The strategy was better at cutting back potentially lethal methicillin-resistant Staphylococcus aureus (MRSA) infections than screening and isolating infected patients, said the report in the New England Journal of Medicine.

The randomised study compared methods at 43 hospitals, including 74 ICUs and 74 256 patients.

The winning practice, known as "universal decolonisation," involves giving patients a nasal dose of the antibiotic mupirocin twice daily for five days, and bathing patients daily with cloths covered in antimicrobial chlorhexidine for the entire ICU stay.

"Universal decolonisation of patients in the ICU was the most effective strategy, significantly reducing MRSA-positive clinical cultures by 37% and bloodstream infections from any pathogen by 44%," said the study.

The method works by reducing the number of pathogens on the skin, "thus protecting patients in the ICU from their own microbiota during a period of heightened vulnerability to infection," said the study.

Spread of harmful pathogens

Also, by cutting back on the number of microbes, there were fewer opportunities for patient-to-patient spread of harmful pathogens.

Another key to the strategy was it began on the first day in the ICU, eliminating the waiting involved with trying to isolate patients who may be infected.

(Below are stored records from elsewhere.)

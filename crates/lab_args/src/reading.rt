//! What the words of a command line ask for.

ghost use Rattle.std.specs.Prelude.{◌≡◌, ◌⊎◌, IfOk, IfErr, MatchOption, None, Ok, Some, bytes_eq};
ghost use Rattle.std.specs.List.{list_any};
ghost use Rattle.lab_args.specs.Words.{texts};
ghost use Rattle.lab_args.specs.Refusals.{Memory, Reports, reported_refusal};
ghost use Rattle.lab_args.specs.Requests.{requested};
ghost use Rattle.lab_args.specs.Commands.{Explains, IsExplained, Refuses, expanding, freshening, fronting};
ghost use Rattle.lab_args.specs.Commands.{given_twice, is_single, loading, request_named, plotting, request_of};
ghost use Rattle.lab_args.specs.Commands.{plotting_of, with_bound};

use crate::blanks::{Blank, read_blank};
use crate::fault::CommandFault;
use crate::help::{is_command, unknown_option, usage_of};
use crate::loads::{Loads, read_loads};
use crate::operands::{Operand, file_named, is_option, long_number};
use crate::tasks::read_task;
use lab_data::Task;
use lab_route_plot::Cycles;
use std::alloc::Global;

/// Where that is what a task is given beside the image.
#[derive(Clone, Copy)]
pub enum Given<'a> {
    Nothing,
    /// Numbers on standard input.
    Numbers,
    /// The file of a picture.
    Picture(&'a str),
    /// That of a program.
    Program(&'a str),
}

/// What the words ask for.
#[derive(Drop)]
pub enum Command<'a> {
    /// A task of lab_data.
    Task(Asked<'a>),
    /// A front end over the machine of an image, and the file into which the image goes that it leaves.
    Front {
        image: &'a str,
        out: Option<&'a str>,
    },
    /// The program of a source.
    Expand {
        source: &'a str,
    },
    /// A blank machine.
    Fresh(Blank<'a>),
    /// Loads of the router.
    Load(Loads<'a>),
    /// The picture of a table, which is in this file or on standard input, or of these petit cycles of a route.
    Plot {
        file: Option<&'a str>,
        cycles: Cycles,
    },
}

/// A task: of which image, with what is given beside it, and into which file, if the machine changes.
#[derive(Clone, Copy)]
pub struct Asked<'a> {
    pub task: Task,
    pub image: &'a str,
    pub given: Given<'a>,
    pub out: Option<&'a str>,
}

/// Reads the words, of which the first is the program's name.
pub fn read_words<'a>(alloc: Global, words: &[&'a str]) -> Result<Command<'a>, CommandFault>
    ensures once { IfOk result (λ command. given_twice (texts words.now) ≡ None) }
    ensures value { IfOk result (λ command. request_of (texts words.now) ≡ Ok (requested command)) }
    ensures refused { IfErr result (λ fault. Refuses (texts words.now) (reported_refusal fault)) }
{
    if let Some(option) = given_twice(words) {
        return Err(CommandFault::twice(alloc, option));
    }
    match read_command(alloc, words) {
        Ok(command) => Ok(command),
        Err(CommandFault::Words) => Err(why_not(alloc, words)),
        Err(fault) => Err(fault),
    }
}

/// Why words ask for nothing.
fn why_not(alloc: Global, words: &[&str]) -> CommandFault
    ensures { (reported_refusal result ≡ Memory) ⊎ Explains (texts words.now) (reported_refusal result) }
{
    match words {
        [_, command, rest @ ..] => {
            if stands_in("--help", rest) {
                CommandFault::Help
            } else {
                not_of(alloc, command, rest)
            }
        }
        _ => CommandFault::Words,
    }
}

/// Why a command does not take these words.
fn not_of(alloc: Global, command: &str, words: &[&str]) -> CommandFault
    ensures { (reported_refusal result ≡ Memory) ⊎ IsExplained command.now (texts words.now) (reported_refusal result) }
{
    if !is_command(command) {
        return CommandFault::command(alloc, command);
    }
    let usage = match usage_of(alloc, command) {
        Ok(usage) => usage,
        Err(_) => return CommandFault::Memory,
    };
    match unknown_option(command, words) {
        Some(option) => CommandFault::option(alloc, option, usage),
        None => CommandFault::Usage { usage },
    }
}

/// The first option that is given a second time. Cut wires may be several.
fn given_twice<'a>(words: &[&'a str]) -> Option<&'a str>
    ensures { MatchOption result (given_twice (texts words.now) ≡ None)
        (λ word. given_twice (texts words.now) ≡ Some word.now) }
{
    for (place, word) in words.iter().enumerate() {
        if is_single(word) && stands_in(word, &words[..place]) {
            return Some(*word);
        }
    }
    None
}

/// Whether a word is one of these.
pub(crate) fn stands_in(word: &str, words: &[&str]) -> bool
    ensures { result ≡ list_any (λ other. bytes_eq other word.now) (texts words.now) }
{
    words.contains(&word)
}

fn is_single(word: &str) -> bool
    ensures { result ≡ is_single word.now }
{
    is_option(word) && word != "--cut"
}

fn read_command<'a>(alloc: Global, words: &[&'a str]) -> Result<Command<'a>, CommandFault>
    ensures value { IfOk result (λ command. request_of (texts words.now) ≡ Ok (requested command)) }
    ensures refused { IfErr result (Reports (request_of (texts words.now))) }
{
    match words {
        [_, command, rest @ ..] => read_named(alloc, command, rest),
        _ => Err(CommandFault::Words),
    }
}

/// What the words behind the name of a command ask for.
fn read_named<'a>(
    alloc: Global,
    command: &str,
    words: &[&'a str],
) -> Result<Command<'a>, CommandFault>
    ensures value { IfOk result (λ found. request_named command.now (texts words.now) ≡ Ok (requested found)) }
    ensures refused { IfErr result (Reports (request_named command.now (texts words.now))) }
{
    match command {
        "front" => read_fronting(words),
        "expand" => read_expanding(words),
        "fresh" => read_freshening(alloc, words),
        "load" => read_loading(alloc, words),
        "plot" => read_plotting(alloc, words),
        "--help" => Err(CommandFault::Help),
        "-h" => Err(CommandFault::Help),
        "help" => Err(CommandFault::Help),
        "--version" => Err(CommandFault::Version),
        _ => {
            let asked = read_task(alloc, command, words)?;
            Ok(Command::Task(asked))
        }
    }
}

fn read_fronting<'a>(words: &[&'a str]) -> Result<Command<'a>, CommandFault>
    ensures value { IfOk result (λ command. fronting (texts words.now) ≡ Ok (requested command)) }
    ensures refused { IfErr result (Reports (fronting (texts words.now))) }
{
    match words {
        [image] => Ok(Command::Front { image, out: None }),
        [first, second, third] => {
            if *second == "--out" {
                let out = file_named(third)?;
                Ok(Command::Front {
                    image: first,
                    out: Some(out),
                })
            } else if *first == "--out" {
                let out = file_named(second)?;
                Ok(Command::Front {
                    image: third,
                    out: Some(out),
                })
            } else {
                Err(CommandFault::Words)
            }
        }
        _ => Err(CommandFault::Words),
    }
}

fn read_expanding<'a>(words: &[&'a str]) -> Result<Command<'a>, CommandFault>
    ensures value { IfOk result (λ command. expanding (texts words.now) ≡ Ok (requested command)) }
    ensures refused { IfErr result (Reports (expanding (texts words.now))) }
{
    match words {
        [source] => Ok(Command::Expand { source }),
        _ => Err(CommandFault::Words),
    }
}

fn read_freshening<'a>(alloc: Global, words: &[&'a str]) -> Result<Command<'a>, CommandFault>
    ensures value { IfOk result (λ command. freshening (texts words.now) ≡ Ok (requested command)) }
    ensures refused { IfErr result (Reports (freshening (texts words.now))) }
{
    match words {
        [n, room, rest @ ..] => match read_blank(alloc, n, room, rest) {
            Ok(blank) => Ok(Command::Fresh(blank)),
            Err(fault) => Err(fault),
        },
        _ => Err(CommandFault::Words),
    }
}

fn read_loading<'a>(alloc: Global, words: &[&'a str]) -> Result<Command<'a>, CommandFault>
    ensures value { IfOk result (λ command. loading (texts words.now) ≡ Ok (requested command)) }
    ensures refused { IfErr result (Reports (loading (texts words.now))) }
{
    match words {
        [n, room, rates, cycles, options @ ..] => {
            let loads = read_loads(alloc, n, room, rates, cycles, options)?;
            Ok(Command::Load(loads))
        }
        _ => Err(CommandFault::Words),
    }
}

fn read_plotting<'a>(alloc: Global, words: &[&'a str]) -> Result<Command<'a>, CommandFault>
    ensures value { IfOk result (λ command. plotting (texts words.now) ≡ Ok (requested command)) }
    ensures refused { IfErr result (Reports (plotting (texts words.now))) }
{
    read_plotting_of(alloc, Cycles::ALL, words)
}

/// The same, of the petit cycles that options have said.
fn read_plotting_of<'a>(
    alloc: Global,
    cycles: Cycles,
    words: &[&'a str],
) -> Result<Command<'a>, CommandFault>
    ensures value { IfOk result (λ command. plotting_of cycles (texts words.now) ≡ Ok (requested command)) }
    ensures refused { IfErr result (Reports (plotting_of cycles (texts words.now))) }
{
    match words {
        [] => Ok(Command::Plot { file: None, cycles }),
        [file] => Ok(Command::Plot {
            file: Some(file),
            cycles,
        }),
        [option, word, after @ ..] => {
            let changed = with_bound(alloc, cycles, option, word)?;
            read_plotting_of(alloc, changed, after)
        }
    }
}

/// The petit cycles with what an option says, by the word behind it.
fn with_bound(
    alloc: Global,
    cycles: Cycles,
    option: &str,
    word: &str,
) -> Result<Cycles, CommandFault>
    ensures value { IfOk result (λ changed. with_bound cycles option.now word.now ≡ Ok changed) }
    ensures refused { IfErr result (Reports (with_bound cycles option.now word.now)) }
{
    match option {
        "--from" => {
            let from = long_number(alloc, Operand::Bound, word)?;
            Ok(Cycles { from, ..cycles })
        }
        "--to" => {
            let to = long_number(alloc, Operand::Bound, word)?;
            Ok(Cycles { to, ..cycles })
        }
        _ => Err(CommandFault::Words),
    }
}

The findings indicate that legislative mandates - currently on the books in nine US states - that require MRSA screening in the ICU may be misguided.

"This study helps answer a long-standing debate in the medical field about whether we should tailor our efforts to prevent infection to specific pathogens, such as MRSA, or whether we should identify a high-risk patient group and give them all special treatment to prevent infection," said lead author Susan Huang.

"The universal decolonisation strategy was the most effective and the easiest to implement. It eliminates the need for screening ICU patients for MRSA," said Huang, medical director of epidemiology and infection prevention at University of California Irvine Health.

Caring for ICU patients

Washing all ICU patients this way could also cut down on unnecessary surveillance tests and do away with precautions over contacting patients who test positive, which can interfere with care, the researchers said.

However, some prior research has pointed to the possibility that widespread use of chlorhexidine and mupirocin could lead to MRSA resistance, so such efforts would need to be monitored carefully.

MRSA is priority target among health care associated infections because of its prevalence, virulence and multidrug resistant profile, said the study.

The study, known as the REDUCE MRSA trial, was carried out by the University of California, Irvine, Harvard Pilgrim Health Care Institute, Hospital Corporation of America (HCA) and the Centers for Disease Control and Prevention.